Figures 6(h) and (i) show an example of the approach of Sect. 5.3. Artifacts can be seen when combining view-dependent shading from multiple different sources, while the deferred shaded approach shows plausible results.

6.3 Drawbacks and Remaining Problems

A significant downside to the new method is the source buffers’ GPU memory consumption: Ten buffered G-Buffers (each with a layout of three 8bit RGBA, one 16bit RGB and one 24bit depth buffer) take around 420 MB at 1920\(\,\times \,\)1080. We aim to use compression and material tables in the future.

For acceptable results a minimum source frame rate is required. 15 Hz or above seemed sufficient to produce little to no remaining holes in the synthetic images. The results were still acceptable around 5 to 10 Hz, while 5 Hz and below showed too sparse updates and many information gaps in the perceived scene.

Only static scenes are currently supported. Animated parts need to be rendered separately for correct display. An additional step in the DIBR projection equation handling the animation transformations could be a solution.

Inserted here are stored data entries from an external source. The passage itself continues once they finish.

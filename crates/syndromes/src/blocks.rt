//! The syndromes at the places of a block, in four lists.
ghost use Rattle.std.specs.Prelude.{◌≡◌, ℕ, ◌+◌, ◌-◌, ◌<◌, ◌≤◌, [], ◌∷◌, All, EachIndex, length};
ghost use Rattle.std.specs.Prelude.{map, slice_index, bit_xor};
ghost use Rattle.kernels.specs.Lists.{combined, bytes_at, list_at};
ghost use Rattle.syndromes.specs.Syndromes.{wide_syndrome, column_at, HaveBytes};

use gf256::xor_into;
use kernels::{combine_lists, write_parities};
use one_pass::part_or_zeros;

/// How many places a block has at most: few enough that its syndromes stay in the first cache
/// beside the lists.
pub(crate) const BLOCK: usize = 1024;

/// Adds the bytes `at..end` of a list, where it is not missing.
fn add_part(target: &mut [u8], lists: &[Option<&[u8]>; 16], i: usize, at: usize, end: usize)
    requires inside { i < 16 }
    requires long { HaveBytes lists.now end }
    requires order { at ≤ end }
    requires same { length target.old ≡ end - at }
    ensures { EachIndex target.new (λ k. slice_index target.new k
        ≡ bit_xor (slice_index target.old k) (column_at lists.now (at + k) i)) }
{
    if let Some(list) = lists[i] {
        xor_into(target, &list[at..end]);
    }
}

/// Writes the four syndromes of the places `at..end`.
pub(crate) fn write_syndromes(
    lists: &[Option<&[u8]>; 16],
    at: usize,
    end: usize,
    first: &mut [u8],
    second: &mut [u8],
    third: &mut [u8],
    fourth: &mut [u8],
)
    requires long { HaveBytes lists.now end }
    requires order { at ≤ end }
    requires few { end ≤ at + BLOCK }
    requires same { length first.old ≡ end - at }
    requires same_second { length second.old ≡ end - at }
    requires same_third { length third.old ≡ end - at }
    requires same_fourth { length fourth.old ≡ end - at }
    ensures { (e k : ℕ) → e < 4 → k < end - at
        → slice_index (list_at (first.new ∷ second.new ∷ third.new ∷ fourth.new ∷ []) e) k
        ≡ wide_syndrome e (column_at lists.now (at + k)) }
{
    let mut sources: [&[u8]; 12] = [&[]; 12];
    for i in 0..12 {
        sources[i] = part_or_zeros(lists, i, at, end);
    }
    write_parities(&sources, first, second, third, fourth);
    add_part(first, lists, 12, at, end);
    add_part(second, lists, 13, at, end);
    add_part(third, lists, 14, at, end);
    add_part(fourth, lists, 15, at, end);
}

/// Makes the target the sum of the four lists, each times its factor; those with the factor 0 are
/// not read.
pub(crate) fn combine_four(target: &mut [u8], factors: &[u8; 4], lists: &[&[u8]; 4])
    requires same { All (λ s. length s.now ≡ length target.old) lists.now }
    ensures { EachIndex target.new (λ k. slice_index target.new k ≡ combined factors.now
        (bytes_at (map (λ s. s.now) lists.now) k)) }
{
    let mut coefficients = [0; 4];
    let mut sources: [&[u8]; 4] = [&[]; 4];
    let mut count = 0;
    for e in 0..4 {
        if factors[e] != 0 {
            coefficients[count] = factors[e];
            sources[count] = lists[e];
            count += 1;
        }
    }
    combine_lists(target, &coefficients[..count], &sources[..count]);
}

7 Conclusion and Future Work

During the course of this paper it has been shown, that DIBR can be efficiently implemented via the modern standard GPU pipeline using a novel implementation by adaptive hardware accelerated tessellation. The system design decoupling the user input and display from the source renderer proved to be a viable solution for the high frame rate and responsiveness problems listed in Sect. 1.

Subsequent work will focus on improving the method: The simple predictor will be replaced by a more sophisticated approach realizing a non linear prediction. Providing more redundancy via depth peeling will be tested, as there exist efficient one pass techniques [12]. Applying the static mesh downsampling of Sect. 4.3 dynamically promises further performance.

Other endeavors will include porting the described system to mobile devices. The main challenge will be the significantly lower graphic capabilities or the lack of support of required features used in this paper.